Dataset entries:
----------

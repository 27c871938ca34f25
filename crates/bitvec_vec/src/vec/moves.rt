//! A vector's bits in another order, moved all at once, or made a number's digits.

ghost use Rattle.std.specs.Prelude.{◌≡◌, ◌≤◌, ◌-◌, ◌%◌, ◌^◌, ◌++◌, length, false, take, drop};
ghost use Rattle.std.specs.Prelude.{replicate, reverse, slice_range};
ghost use Rattle.bitvec.specs.Place.{region_max_bits};
ghost use Rattle.bitvec_slice.specs.Numbers.{number_le, number_be, digits_le, digits_be};
ghost use Rattle.bitvec_slice.specs.Ranges.{with_range};
ghost use Rattle.bitvec_vec.specs.Front.{front_of, words_for};

use crate::vec::BitVec;
use crate::vec::front::span_of_front;
use bitvec::mem::BitRegister;
use bitvec::order::BitOrder;
use bitvec::ptr::span::BitSpan;
use bitvec_slice::slice::BitSliceMut;
use std::alloc::Allocator;

// Puts the first `len` bits of some words in the opposite order.
fn reverse_front<R: BitRegister, O: BitOrder<R>>(words: &mut [R], len: usize)
    requires short { len ≤ region_max_bits }
    requires room { words_for R.BITS len ≤ length words.old }
    ensures { let bits = front_of R.BITS O.at_of R.number len
        in bits words.new ≡ reverse (bits words.old) }
{
    let span: BitSpan<R, O> = span_of_front(len);
    let mut bits = BitSliceMut::new_unchecked(span, words);
    bits.reverse();
}

// Puts the first `by` of the first `len` bits of some words behind the others.
fn rotate_front<R: BitRegister, O: BitOrder<R>>(words: &mut [R], len: usize, by: usize)
    requires short { len ≤ region_max_bits }
    requires room { words_for R.BITS len ≤ length words.old }
    requires inside { by ≤ len }
    ensures { let bits = front_of R.BITS O.at_of R.number len
        in bits words.new ≡ drop by (bits words.old) ++ take by (bits words.old) }
{
    let span: BitSpan<R, O> = span_of_front(len);
    let mut bits = BitSliceMut::new_unchecked(span, words);
    bits.rotate_left(by);
}

// Moves the first `len` bits of some words `by` places towards the first.
fn shift_front_left<R: BitRegister, O: BitOrder<R>>(words: &mut [R], len: usize, by: usize)
    requires short { len ≤ region_max_bits }
    requires room { words_for R.BITS len ≤ length words.old }
    requires inside { by ≤ len }
    ensures { let bits = front_of R.BITS O.at_of R.number len
        in bits words.new ≡ drop by (bits words.old) ++ replicate by false }
{
    let span: BitSpan<R, O> = span_of_front(len);
    let mut bits = BitSliceMut::new_unchecked(span, words);
    bits.shift_left(by);
}

// Moves the first `len` bits of some words `by` places towards the last.
fn shift_front_right<R: BitRegister, O: BitOrder<R>>(words: &mut [R], len: usize, by: usize)
    requires short { len ≤ region_max_bits }
    requires room { words_for R.BITS len ≤ length words.old }
    requires inside { by ≤ len }
    ensures { let bits = front_of R.BITS O.at_of R.number len in let xs = bits words.old
        in bits words.new ≡ replicate by false ++ take (length xs - by) xs }
{
    let span: BitSpan<R, O> = span_of_front(len);
    let mut bits = BitSliceMut::new_unchecked(span, words);
    bits.shift_right(by);
}

// Makes some of the first `len` bits of some words the digits of a number, the first the lowest.
fn store_front_le<R: BitRegister, O: BitOrder<R>, N: BitRegister>(
    words: &mut [R],
    len: usize,
    from: usize,
    to: usize,
    value: N,
)
    requires short { len ≤ region_max_bits }
    requires room { words_for R.BITS len ≤ length words.old }
    requires ordered { from ≤ to }
    requires inside { to ≤ len }
    requires small { to - from ≤ N.BITS }
    ensures bits { let bits = front_of R.BITS O.at_of R.number len in bits words.new
        ≡ with_range (bits words.old) from to (digits_le (to - from) (N.number value)) }
    ensures loaded { let bits = front_of R.BITS O.at_of R.number len
        in number_le (slice_range (bits words.new) from to) ≡ N.number value % 2 ^ (to - from) }
{
    let span: BitSpan<R, O> = span_of_front(len);
    let mut bits = BitSliceMut::new_unchecked(span, words);
    bits.store_digits_le(from, to, value);
}

// Makes some of the first `len` bits of some words the digits of a number, the first the highest.
fn store_front_be<R: BitRegister, O: BitOrder<R>, N: BitRegister>(
    words: &mut [R],
    len: usize,
    from: usize,
    to: usize,
    value: N,
)
    requires short { len ≤ region_max_bits }
    requires room { words_for R.BITS len ≤ length words.old }
    requires ordered { from ≤ to }
    requires inside { to ≤ len }
    requires small { to - from ≤ N.BITS }
    ensures bits { let bits = front_of R.BITS O.at_of R.number len in bits words.new
        ≡ with_range (bits words.old) from to (digits_be (to - from) (N.number value)) }
    ensures loaded { let bits = front_of R.BITS O.at_of R.number len
        in number_be (slice_range (bits words.new) from to) ≡ N.number value % 2 ^ (to - from) }
{
    let span: BitSpan<R, O> = span_of_front(len);
    let mut bits = BitSliceMut::new_unchecked(span, words);
    bits.store_digits_be(from, to, value);
}

impl<R: BitRegister, O: BitOrder<R>, A: Allocator> BitVec<R, O, A> {
    ghost use Rattle.bitvec_vec.specs.BitVec.{vec_bits, bit_capacity};

    /// Puts the bits in the opposite order: by words where the order's positions rise or fall, else
    /// bit by bit.
    ///
    /// # Examples
    ///
    /// ```
    /// let mut bits = BitVec::<u8, Msb0>::from_text(rt.alloc(), "0010110010")?;
    /// bits.reverse();
    /// assert_eq!(rt; format!(in rt.alloc(); "{bits}")?.as_str(), "0100110100");
    /// ```
    pub fn reverse(&mut self)
        ensures bits { vec_bits self.new ≡ reverse (vec_bits self.old) }
        ensures capacity { bit_capacity self.new ≡ bit_capacity self.old }
    {
        reverse_front::<R, O>(self.words.as_mut_slice(), self.len);
    }

    /// Puts the first `by` bits behind the others, at the cost of two times
    /// [`reverse`](BitVec::reverse). Requires that `by` is at most the length.
    ///
    /// # Examples
    ///
    /// ```
    /// let mut bits = BitVec::<u8, Lsb0>::from_text(rt.alloc(), "001011")?;
    /// if 2 <= bits.len() {
    ///     bits.rotate_left(2);
    /// }
    /// assert_eq!(rt; format!(in rt.alloc(); "{bits}")?.as_str(), "101100");
    /// ```
    pub fn rotate_left(&mut self, by: usize)
        requires { by ≤ length (vec_bits self.old) }
        ensures bits { let xs = vec_bits self.old in vec_bits self.new ≡ drop by xs ++ take by xs }
        ensures capacity { bit_capacity self.new ≡ bit_capacity self.old }
    {
        rotate_front::<R, O>(self.words.as_mut_slice(), self.len, by);
    }

    /// Puts the last `by` bits before the others. Requires that `by` is at most the length. It
    /// costs as much as [`rotate_left`](BitVec::rotate_left).
    pub fn rotate_right(&mut self, by: usize)
        requires { by ≤ length (vec_bits self.old) }
        ensures bits { let xs = vec_bits self.old in vec_bits self.new
            ≡ drop (length xs - by) xs ++ take (length xs - by) xs }
        ensures capacity { bit_capacity self.new ≡ bit_capacity self.old }
    {
        let len = self.len();
        self.rotate_left(len - by);
    }

    /// Moves each bit `by` places towards the first: the first `by` bits are lost, and the last
    /// `by` become zero. Requires that `by` is at most the length. Costs by words where the order's
    /// positions rise or fall, else by bits.
    pub fn shift_left(&mut self, by: usize)
        requires { by ≤ length (vec_bits self.old) }
        ensures bits { vec_bits self.new ≡ drop by (vec_bits self.old) ++ replicate by false }
        ensures capacity { bit_capacity self.new ≡ bit_capacity self.old }
    {
        shift_front_left::<R, O>(self.words.as_mut_slice(), self.len, by);
    }

    /// Moves each bit `by` places towards the last: the last `by` bits are lost, and the first `by`
    /// become zero. Requires that `by` is at most the length. Costs by words where the order's
    /// positions rise or fall, else by bits.
    pub fn shift_right(&mut self, by: usize)
        requires { by ≤ length (vec_bits self.old) }
        ensures bits { let xs = vec_bits self.old in vec_bits self.new
            ≡ replicate by false ++ take (length xs - by) xs }
        ensures capacity { bit_capacity self.new ≡ bit_capacity self.old }
    {
        shift_front_right::<R, O>(self.words.as_mut_slice(), self.len, by);
    }

    /// Makes the bits from number `from` to before number `to` the lowest `to - from` digits of a
    /// number, the first bit the lowest. [`load_digits_le`](BitVec::load_digits_le) of these bits
    /// gives the digits back.
    ///
    /// Requires that `from` is at most `to`, `to` at most the length, and that the part has no more
    /// bits than the number type has digits. By words where positions rise with the index, else by
    /// bits. Not in the Rust crate.
    pub fn store_digits_le<N: BitRegister>(&mut self, from: usize, to: usize, value: N)
        requires ordered { from ≤ to }
        requires inside { to ≤ length (vec_bits self.old) }
        requires small { to - from ≤ N.BITS }
        ensures bits { vec_bits self.new ≡ with_range (vec_bits self.old) from to
            (digits_le (to - from) (N.number value)) }
        ensures loaded { number_le (slice_range (vec_bits self.new) from to)
            ≡ N.number value % 2 ^ (to - from) }
        ensures capacity { bit_capacity self.new ≡ bit_capacity self.old }
    {
        store_front_le::<R, O, N>(self.words.as_mut_slice(), self.len, from, to, value);
    }

    /// Makes the bits from number `from` to before number `to` the lowest `to - from` digits of a
    /// number, the first bit the highest of them. [`load_digits_be`](BitVec::load_digits_be) of
    /// these bits gives the digits back.
    ///
    /// Requires that `from` is at most `to`, `to` at most the length, and that the part has no more
    /// bits than the number type has digits. By words where positions fall with the index, else by
    /// bits. Not in the Rust crate.
    ///
    /// # Examples
    ///
    /// ```
    /// let mut bits = BitVec::<u8, Lsb0>::repeat(rt.alloc(), false, 12)?;
    /// if 9 <= bits.len() {
    ///     bits.store_digits_be(4, 9, 11u32);
    ///     assert_eq!(rt; bits.load_digits_be::<u8>(4, 9), 11);
    /// }
    /// assert_eq!(rt; format!(in rt.alloc(); "{bits}")?.as_str(), "000001011000");
    /// ```
    pub fn store_digits_be<N: BitRegister>(&mut self, from: usize, to: usize, value: N)
        requires ordered { from ≤ to }
        requires inside { to ≤ length (vec_bits self.old) }
        requires small { to - from ≤ N.BITS }
        ensures bits { vec_bits self.new ≡ with_range (vec_bits self.old) from to
            (digits_be (to - from) (N.number value)) }
        ensures loaded { number_be (slice_range (vec_bits self.new) from to)
            ≡ N.number value % 2 ^ (to - from) }
        ensures capacity { bit_capacity self.new ≡ bit_capacity self.old }
    {
        store_front_be::<R, O, N>(self.words.as_mut_slice(), self.len, from, to, value);
    }
}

----------

ASSIGNED TASK - Lines that include the word "behind" are to be extracted from the data above.

RESULT FOR THIS EXERCISE -
// Puts the first `by` of the first `len` bits of some words behind the others.
    /// Puts the first `by` bits behind the others, at the cost of two times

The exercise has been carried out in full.